Sulawesi Utara
Selamat Datang di Superhub PDIP Jatim

Berita Pendidikan

AI Mengajar, Sastra Mati Perlahan

Di zaman yang serba instan, kecerdasan buatan (AI) hadir bak dewa baru dalam dunia pendidikan.

Editor: Samsul Arifin
Istimewa
Di zaman yang serba instan, kecerdasan buatan (AI) hadir bak dewa baru dalam dunia pendidikan. 

Oleh : Gaby Rostanawa

Dosen Pendidikan Bahasa dan Sastra Indonesia, STKIP Bina Insan Mandiri, Surabaya.

TRIBUNJATIM.COM, SURABAYA -  Di zaman yang serba instan, kecerdasan buatan (AI) hadir bak dewa baru dalam dunia pendidikan.

Menawarkan kemudahan dan efisiensi yang menggiurkan.
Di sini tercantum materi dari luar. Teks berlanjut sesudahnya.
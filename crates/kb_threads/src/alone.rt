//! Passes by one worker.

ghost use Rattle.std.specs.Prelude.{IfOk};
ghost use Rattle.kb_share.specs.Versions.{IsPublished};
ghost use Rattle.kb_threads.specs.Passes.{PassSays};

use crate::passed::Passed;
use kb_book::Book;
use kb_rules::Reducer;
use kb_share::OneByOne;
use kb_word::Memory;
use std::alloc::Global;

/// Makes a pass by one worker, who enters all overlaps that are apart.
pub(crate) fn pass_by_one<R: Reducer>(alloc: Global, mut book: Book<R>) -> Result<Passed<R>, Memory>
    requires { IsPublished book.course.state }
    ensures { IfOk result (PassSays book.course) }
{
    if OneByOne.enter_apart(alloc, &mut book)? == 0 {
        Ok(Passed::Confluent(book))
    } else {
        Ok(Passed::Entered(book))
    }
}
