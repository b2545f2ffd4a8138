//! Passes by as many workers as a command asks for.

ghost use Rattle.std.specs.Prelude.{IfOk};
ghost use Rattle.kb_share.specs.Versions.{IsPublished};
ghost use Rattle.kb_threads.specs.Passes.{PassSays};

use crate::alone::pass_by_one;
use crate::passed::Passed;
use crate::threads::Threads;
use kb_book::Book;
use kb_draw::Crew;
use kb_index::HasAutomaton;
use kb_io::Gate;
use kb_share::Waiting;
use kb_word::Memory;
use std::alloc::Global;
use std::sync::Wait;
use std::thread;

/// As many live lines are worth threads. A pass over fewer takes less time than threads take to
/// begin and to end.
const MANY_LINES: usize = 32;

/// Makes a pass over a book whose last version has its live lines. One worker enters all overlaps that are apart, in
/// their order (`OneByOne`); more of them enter the shortest (`Threads`), also where few lines are live and one does it
/// alone. What these found and didn't enter waits for the passes that follow.
pub fn make_pass<R: HasAutomaton + Send + Sync, G: Gate, T: thread::Threads + Wait + Sync>(
    rt: &T,
    alloc: Global,
    book: Book<R>,
    waiting: &mut Waiting,
    crew: &Crew<'_, G>,
) -> Result<Passed<R>, Memory>
    requires { IsPublished book.course.state }
    ensures { IfOk result (PassSays book.course) }
{
    if crew.count() == 1 {
        return pass_by_one(alloc, book);
    }
    if book.live().len() < MANY_LINES {
        return Threads::of(crew.first()).pass(rt, alloc, book, waiting);
    }
    Threads::of(crew.copy()).pass(rt, alloc, book, waiting)
}
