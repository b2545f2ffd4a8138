//! What the worker who settles has of the sweeps beside it.

ghost use Rattle.std.specs.Prelude.{◌≡◌};

use crate::desk::Desk;
use crate::sweeper::Sweeper;
use kb_book::Book;
use kb_index::HasAutomaton;
use kb_io::Gate;
use kb_publish::{BookPublisher, Ordered};
use kb_share::Waiting;
use kb_word::Memory;
use std::alloc::Global;
use std::sync::Wait;

/// The desk where rows are handed out, what publishes, and the worker as a sweeper.
#[derive(Drop)]
pub(crate) struct Side<'s, R: HasAutomaton, N: Ordered, G: Gate> {
    pub alloc: Global,
    pub desk: &'s Desk,
    pub gate: &'s G,
    pub publisher: &'s mut BookPublisher<R, N>,
    pub sweeper: Sweeper<R, N>,
}

impl<'s, R: HasAutomaton, N: Ordered, G: Gate> Side<'s, R, N, G> {
    /// Hands out the rows of the version that was published last, so many. Lines from this number on are new.
    pub(crate) fn begin<T: Wait>(&self, rt: &T, rows: usize, from: u64) {
        self.desk.begin(rt, rows, from);
    }

    /// Sweeps what nobody has taken yet, and waits until all is swept. What was found waits from then on, and so many
    /// lines, which are all of the version, are new no more.
    pub(crate) fn finish<T: Wait>(
        &mut self,
        rt: &T,
        waiting: &mut Waiting,
        lines: usize,
    ) -> Result<(), Memory> {
        self.sweeper
            .sweep_rest(rt, self.alloc, self.desk, self.gate);
        let found = self.desk.all_found(rt, self.alloc)?;
        waiting.add_all(&found)?;
        waiting.thin(self.alloc)?;
        waiting.note_sifted(lines);
        Ok(())
    }

    /// Publishes the live lines that the book has by now.
    pub(crate) fn publish<T: Wait>(&mut self, rt: &T, book: &Book<R>) -> Result<(), Memory>
        requires { book.now.course.problem.order ≡ N.order }
    {
        self.publisher.advance(rt, book)
    }

    /// No rows will be handed out any more.
    pub(crate) fn close<T: Wait>(self, rt: &T) {
        self.desk.close(rt);
    }
}
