//! The names that tie together what the workers of one pass hold.

use std::marker::Brand;
use std::sync::ledger::Ledger;

/// Which completion is shared, and what is entered into it. What lies under the lock, and what workers hold, is of a
/// type with this name, so that all of it speaks of one completion. No value of it is made.
pub trait Sharing: Ledger {
    ghost use Rattle.std.specs.Prelude.{List};
    ghost use Rattle.kb_machine.specs.Course.{Course};
    ghost use Rattle.kb_share.specs.declared.found.Found.{Found};

    /// The completion as it was given to the workers.
    ghost given: { Course };

    /// The overlaps that they enter, in this order.
    ghost batch: { List Found };
}

impl Sharing for Brand {
    ghost use Rattle.std.specs.Prelude.{[]};
    ghost use Rattle.kb_threads.specs.Shared.{nothing};

    ghost given = { nothing };

    ghost batch = { [] };
}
Sebut saja Natural Language Processing (NLP) membantu dalam memahami, menganalisis, dan menghasilkan teks yang kompleks.

Machine Learning (ML) memungkinkan analisis data literatur dalam skala besar, dan Generative AI, seperti yang digunakan untuk menulis atau menganalisis gaya penulisan, mampu menciptakan teks-teks baru berdasarkan pola yang dipelajari dari data sebelumnya.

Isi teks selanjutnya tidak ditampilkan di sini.